If you have changes—i.e., a dirty work-tree—you have something to commit. At most, you have something you want to commit temporarily.
In other version control systems, you might do this by committing it on a branch. In Git, you can do that too: you don't have to use a branch, but that may be the most convenient way to deal with it in Git, too.
You mention a starting scenario, for which I have a work pattern I find helpful:
A very common scenario arising when people code together is to have to bring yourself (let's say, the feature branch you're working on) up-to-date.
Let's say that you are working on feature-X, which will eventually be put into dev (development branch). Other developers have been working on features Y and Z and one of them has finished and dev is now updated, so you run:
$ git fetch
and see that your dev is now behind origin/dev. That is, you now have:
...--C--D--H <-- master
\
\ I--J <-- origin/dev
\ /
E--F--G <-- dev, feature-X (HEAD)
in your repository. You also have some things in your work-tree that are different from files in commit G. (You might not have a branch named feature-X yet, and have HEAD attached to dev instead. If this is the case, you can simply create it now with git checkout -b feature-X, and now you match the picture.)

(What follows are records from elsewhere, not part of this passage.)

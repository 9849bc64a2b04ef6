// The job sheet, on slices: the bytes of a sheet in, the text that is printed for it out. `mesh_sheet` is the one function
// for users; the modules are its steps, and those that are public serve the mended sheet, the printed mesh and the STL too.
#![tactic(auto)]

pub mod refusal; // why a sheet is refused
pub mod header; // the header of the mesh
pub mod heading; // the heading lines are read
pub mod lists; // what is read of the contours
mod body; // the contours and their vertices are read
pub mod read; // a sheet is read, from its first byte to its last contour
pub mod rows; // the lines of a mesh are printed
mod mesh; // a stored mesh is printed
mod answer; // a job is built, and its text printed
mod text; // a sheet becomes a text

pub use text::mesh_sheet;
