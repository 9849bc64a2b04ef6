// The lines of a mesh are printed.
ghost use Rattle.std.specs.Prelude.{cond};
ghost use Rattle.rules.specs.Sheet.{mm_name, in_name, refused_text, unit_line};
ghost use Rattle.lines.specs.Print.{Room, Printed};
ghost use Rattle.sheet.specs.Refusals.{number_of, line_of};
ghost use Rattle.sheet.specs.Rows.{line_of_values, top_text, mesh_line_of, polygon_text, vertex_rows, polygon_rows, VerticesReady, PolygonsReady};

use crate::refusal::SheetRefusal;
use lines::cells::{Number, put_cell, put_cells, put_signed_cell};
use lines::print::put_text;
use rules::VERTEX_STRIDE;
use stored::corners::count_corners;

// A line of a name and of numbers.
pub fn put_line<T: Number>(out: &mut [u8], at: usize, name: &[u8], ns: &[T]) -> usize
    requires { Room out.old (line_of_values T.says name.now ns.now) at }
    ensures { Printed (line_of_values T.says name.now ns.now) out.old out.new at result }
{
    let a = put_text(out, at, name);
    let e = put_cells(out, a, ns);
    out[e] = b'\n';
    e + 1
}

// A refusal: its number, and its line or second number.
pub fn put_refused(out: &mut [u8], number: u64, line: u64) -> usize
    requires { Room out.old (refused_text number line) 0 }
    ensures { Printed (refused_text number line) out.old out.new 0 result }
{
    let a = put_text(out, 0, b"refused");
    let b = put_cell(out, a, number);
    let e = put_cell(out, b, line);
    out[e] = b'\n';
    e + 1
}

// The refusal of a sheet.
pub fn put_sheet_refused(out: &mut [u8], refusal: SheetRefusal) -> usize
    requires { Room out.old (refused_text (number_of refusal) (line_of refusal)) 0 }
    ensures { Printed (refused_text (number_of refusal) (line_of refusal)) out.old out.new 0 result }
{
    put_refused(out, refusal.number(), refusal.line())
}

// What the unit is called.
fn put_unit_name(out: &mut [u8], at: usize, inches: bool) -> usize
    requires { Room out.old (cond inches in_name mm_name) at }
    ensures { Printed (cond inches in_name mm_name) out.old out.new at result }
{
    if inches {
        return put_text(out, at, b"in");
    }
    put_text(out, at, b"mm")
}

// The line of the unit.
fn put_unit(out: &mut [u8], inches: bool) -> usize
    requires { Room out.old (unit_line inches) 0 }
    ensures { Printed (unit_line inches) out.old out.new 0 result }
{
    let a = put_text(out, 0, b"unit");
    out[a] = b'\t';
    let e = put_unit_name(out, a + 1, inches);
    out[e] = b'\n';
    e + 1
}

// The unit and the cell, as they were read.
pub fn put_top(out: &mut [u8], inches: bool, size: u32, height: u32) -> usize
    requires { Room out.old (top_text inches size height) 0 }
    ensures { Printed (top_text inches size height) out.old out.new 0 result }
{
    let a = put_unit(out, inches);
    let sizes = [size, height];
    put_line(out, a, b"cell", &sizes)
}

// How many vertices and polygons there are, and their doubled area.
pub fn put_mesh_line(out: &mut [u8], at: usize, k: u64, n: u64, area: i64) -> usize
    requires { Room out.old (mesh_line_of k n area) at }
    ensures { Printed (mesh_line_of k n area) out.old out.new at result }
{
    let a = put_text(out, at, b"mesh");
    let b = put_cell(out, a, k);
    let c = put_cell(out, b, n);
    let e = put_signed_cell(out, c, area);
    out[e] = b'\n';
    e + 1
}

// The first k vertices.
pub fn put_vertices(out: &mut [u8], at: usize, k: usize, vertices: &[u16]) -> usize
    requires { VerticesReady out.old at k vertices.now }
    ensures { Printed (vertex_rows vertices.now k) out.old out.new at result }
{
    let mut to = at;
    for i in 0..k {
        let from = i * VERTEX_STRIDE;
        to = put_line(out, to, b"v", &vertices[from..from + VERTEX_STRIDE]);
    }
    to
}

// One polygon: its `p` line and its `n` line.
fn put_polygon(
    out: &mut [u8],
    at: usize,
    region: u16,
    code: u8,
    corners: &[u16],
    links: &[u32],
) -> usize
    requires { Room out.old (polygon_text region code corners.now links.now) at }
    ensures { Printed (polygon_text region code corners.now links.now) out.old out.new at result }
{
    let a = put_text(out, at, b"p");
    let b = put_cell(out, a, u64::from(region));
    let c = put_cell(out, b, u64::from(code));
    let e = put_cells(out, c, corners);
    out[e] = b'\n';
    put_line(out, e + 1, b"n", links)
}

// The first n polygons, of nvp words each, with their links; used corners only.
pub fn put_polygons(
    out: &mut [u8],
    at: usize,
    nvp: usize,
    n: usize,
    polygons: &[u16],
    neighbours: &[u32],
    regions: &[u16],
    codes: &[u8],
) -> usize
    requires { PolygonsReady out.old at nvp n polygons.now neighbours.now regions.now codes.now }
    ensures { Printed (polygon_rows nvp n polygons.now neighbours.now regions.now codes.now) out.old out.new at result }
{
    let mut to = at;
    for i in 0..n {
        let from = i * nvp;
        let used = count_corners(&polygons[from..from + nvp]);
        to = put_polygon(
            out,
            to,
            regions[i],
            codes[i],
            &polygons[from..from + used],
            &neighbours[from..from + used],
        );
    }
    to
}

The thing to do at this point is to commit the stuff you're working on anyway. This makes one new commit K:
...--C--D--H <-- master
\
\ I--J <-- origin/dev
\ /
E--F--G <-- dev
\
K feature-X (HEAD)
You can now fast-forward your own dev to origin/dev. The basic command method is:
$ git checkout dev # safe, since your work is committed
$ git merge --ff-only origin/dev # or `git pull` if you really insist
The drawing now looks like this:
...--C--D--H <-- master
\
\
\
E--F--G--I--J <-- dev (HEAD), origin/dev
\
K <-- feature-X (HEAD)
Here's where most people just run git checkout feature-X; git rebase dev, which is fine and you should feel free to use that method. (I do that a lot of the time. Consider doing that followed by the git reset HEAD^ trick described below.) But what I sometimes do is simply rename feature-X to feature-X.0, and then create a new feature-X with git checkout -b feature-X:
...--C--D--H <-- master
\
\
\
E--F--G--I--J <-- dev, origin/dev, feature-X (HEAD)
\
K <-- feature-X.0
I am now ready to begin working on feature-X again, and at this point I simply cherry-pick all the feature-X.0 commits:
$ git cherry-pick dev..feature-X.0
which produces commit K' which is a copy of K:
...--C--D--H <-- master
\
\ K' <-- feature-X (HEAD)
\ /
E--F--G--I--J <-- dev, origin/dev
\
K <-- feature-X.0
This works even if there are multiple commits on feature-X.0:
...--C--D--H <-- master
\
\ K'-L' <-- feature-X (HEAD)
\ /
E--F--G--I--J <-- dev, origin/dev
\
K--L <-- feature-X.0
If the last commit of this new feature-X (L' in this version, K' in the one that had just one commit) is really, seriously not-ready-to-be-committed yet, at this point I just use git reset HEAD^ (you can spell it HEAD~ if that's easier, as apparently is the case on Windows) to move the branch name back one step. This removes the end-most commit from the current branch, giving:
...--C--D--H <-- master
\
\ K' <-- feature-X (HEAD)
\ /
E--F--G--I--J <-- dev, origin/dev
\
K--L <-- feature-X.0
and leaves the work-tree "dirty" in exactly the way it was before I began this whole process. (In general, a partial commit is fine, as I'll use git rebase -i later to clean everything up when feature-X is mostly ready.)
If I have to repeat the process, for whatever reason, I rename the current in-progress feature-X to feature-X.1, or feature-X.2, or whatever. I grow a small collection of feature-X-es and occasionally go out to the branch garden and prune the weediest ones. The latest-and-greatest is still named feature-X, but I have all of my previous work available as needed, up until I weed them out. This is better than either rebase or stash, because if the code is complicated and I miss something, I still have the older version, under a name that's recognizable, not just some incomprehensible hash ID in a reflog, and not a stash that's indistinguishable from a dozen other stashes.